START Given entries

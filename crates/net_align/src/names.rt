//! The partner of a layout's circuit by its name.
ghost use Rattle.std.specs.Prelude.{◌≡◌, ◌++◌, ◌∷◌, [], false, IfOk, OnOk, length};
ghost use Rattle.net_align.specs.Names.{AreOnce, IsNaming, found_in, names_of, left_names};
ghost use Rattle.net_align.specs.Names.{right_names, partner_named, partners_named};
ghost use Rattle.net_model.specs.Rows.{plain_netlist};
ghost use Rattle.net_names.specs.Folding.{folded_bytes};
ghost use Rattle.text_table.specs.Texts.{has_text};

use net_model::Netlist;
use net_names::{Name, folded};
use std::alloc::{AllocError, Global};
use text_table::TextTable;

/// The schematic's circuits, and the lines `same_circuits`, by folded names.
#[derive(Drop)]
pub struct Naming {
    pub circuits: TextTable,
    pub lefts: TextTable,
    pub rights: TextTable,
    pub right_names: Vec<Name>,
}

impl Naming {
    /// Linear in the names.
    pub fn new(
        alloc: Global,
        schematic: &Netlist,
        same: &[(Name, Name)],
    ) -> Result<Naming, AllocError>
        requires circuits { AreOnce (names_of (plain_netlist schematic.now)) }
        requires lefts { AreOnce (left_names same.now) }
        requires rights { AreOnce (right_names same.now) }
        ensures { IfOk result (IsNaming (plain_netlist schematic.now) same.now) }
    {
        let right_names = right_names(alloc, same)?;
        let circuits = circuit_table(alloc, schematic)?;
        let (lefts, rights) = line_tables(alloc, same)?;
        Ok(Naming {
            circuits,
            lefts,
            rights,
            right_names,
        })
    }

    /// The partner by name of a layout circuit of this folded name. Takes the time of a few hashes.
    pub fn partner(&self, name: &Name) -> Option<usize>
        ensures { result ≡ partner_named self.now name.now }
    {
        match find(&self.lefts, name) {
            Some(line) => match self.right_names.get(line) {
                Some(other) => find(&self.circuits, other),
                None => None,
            },
            None => match find(&self.rights, name) {
                Some(_) => None,
                None => find(&self.circuits, name),
            },
        }
    }

    /// The partner by name of each circuit of the layout. Linear in the names.
    pub fn partners(
        &self,
        alloc: Global,
        layout: &Netlist,
    ) -> Result<Vec<Option<usize>>, AllocError>
        ensures { IfOk result (λ of.
            of.items ≡ partners_named self.now (plain_netlist layout.now)) }
    {
        let mut of = Vec::new(alloc);
        for circuit in &layout.circuits {
            of.push(self.partner(&folded(alloc, &circuit.name)?))?;
        }
        Ok(of)
    }
}

/// The place of a name in a table.
pub fn find(table: &TextTable, name: &Name) -> Option<usize>
    ensures { result ≡ found_in table.now name.now }
{
    let place = table.place(name.bytes());
    if place < table.len() {
        Some(place)
    } else {
        None
    }
}

// Adds a name, small letters being large ones, as the last.
fn add_folded(alloc: Global, table: &mut TextTable, name: &Name) -> Result<(), AllocError>
    requires { has_text table.old (folded_bytes name.now) ≡ false }
    ensures { OnOk result (table.new ≡ table.old ++ folded_bytes name.now ∷ []) }
{
    table.add(alloc, folded(alloc, name)?.bytes())
}

fn circuit_table(alloc: Global, netlist: &Netlist) -> Result<TextTable, AllocError>
    requires { AreOnce (names_of (plain_netlist netlist.now)) }
    ensures { IfOk result (λ table. table ≡ names_of (plain_netlist netlist.now)) }
{
    let mut table = TextTable::new(alloc);
    for circuit in &netlist.circuits {
        add_folded(alloc, &mut table, &circuit.name)?;
    }
    Ok(table)
}

// The names on the left of the lines, and those on the right.
fn line_tables(alloc: Global, same: &[(Name, Name)]) -> Result<(TextTable, TextTable), AllocError>
    requires lefts { AreOnce (left_names same.now) }
    requires rights { AreOnce (right_names same.now) }
    ensures lefts { IfOk result (λ tables. tables.0 ≡ left_names same.now) }
    ensures rights { IfOk result (λ tables. tables.1 ≡ right_names same.now) }
{
    let lefts = left_table(alloc, same)?;
    let rights = right_table(alloc, same)?;
    Ok((lefts, rights))
}

fn left_table(alloc: Global, same: &[(Name, Name)]) -> Result<TextTable, AllocError>
    requires { AreOnce (left_names same.now) }
    ensures { IfOk result (λ table. table ≡ left_names same.now) }
{
    let mut table = TextTable::new(alloc);
    for line in same {
        add_folded(alloc, &mut table, &line.0)?;
    }
    Ok(table)
}

fn right_table(alloc: Global, same: &[(Name, Name)]) -> Result<TextTable, AllocError>
    requires { AreOnce (right_names same.now) }
    ensures { IfOk result (λ table. table ≡ right_names same.now) }
{
    let mut table = TextTable::new(alloc);
    for line in same {
        add_folded(alloc, &mut table, &line.1)?;
    }
    Ok(table)
}

fn right_names(alloc: Global, same: &[(Name, Name)]) -> Result<Vec<Name>, AllocError>
    ensures { IfOk result (λ names. names.items ≡ right_names same.now) }
{
    let mut names = Vec::new(alloc);
    for line in same {
        names.push(folded(alloc, &line.1)?)?;
    }
    Ok(names)
}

END Given entries

> _Problem description_
Where does the word "match" occur in the records? Return every line that holds it.

> _Final answer_
        match find(&self.lefts, name) {
            Some(line) => match self.right_names.get(line) {
            None => match find(&self.rights, name) {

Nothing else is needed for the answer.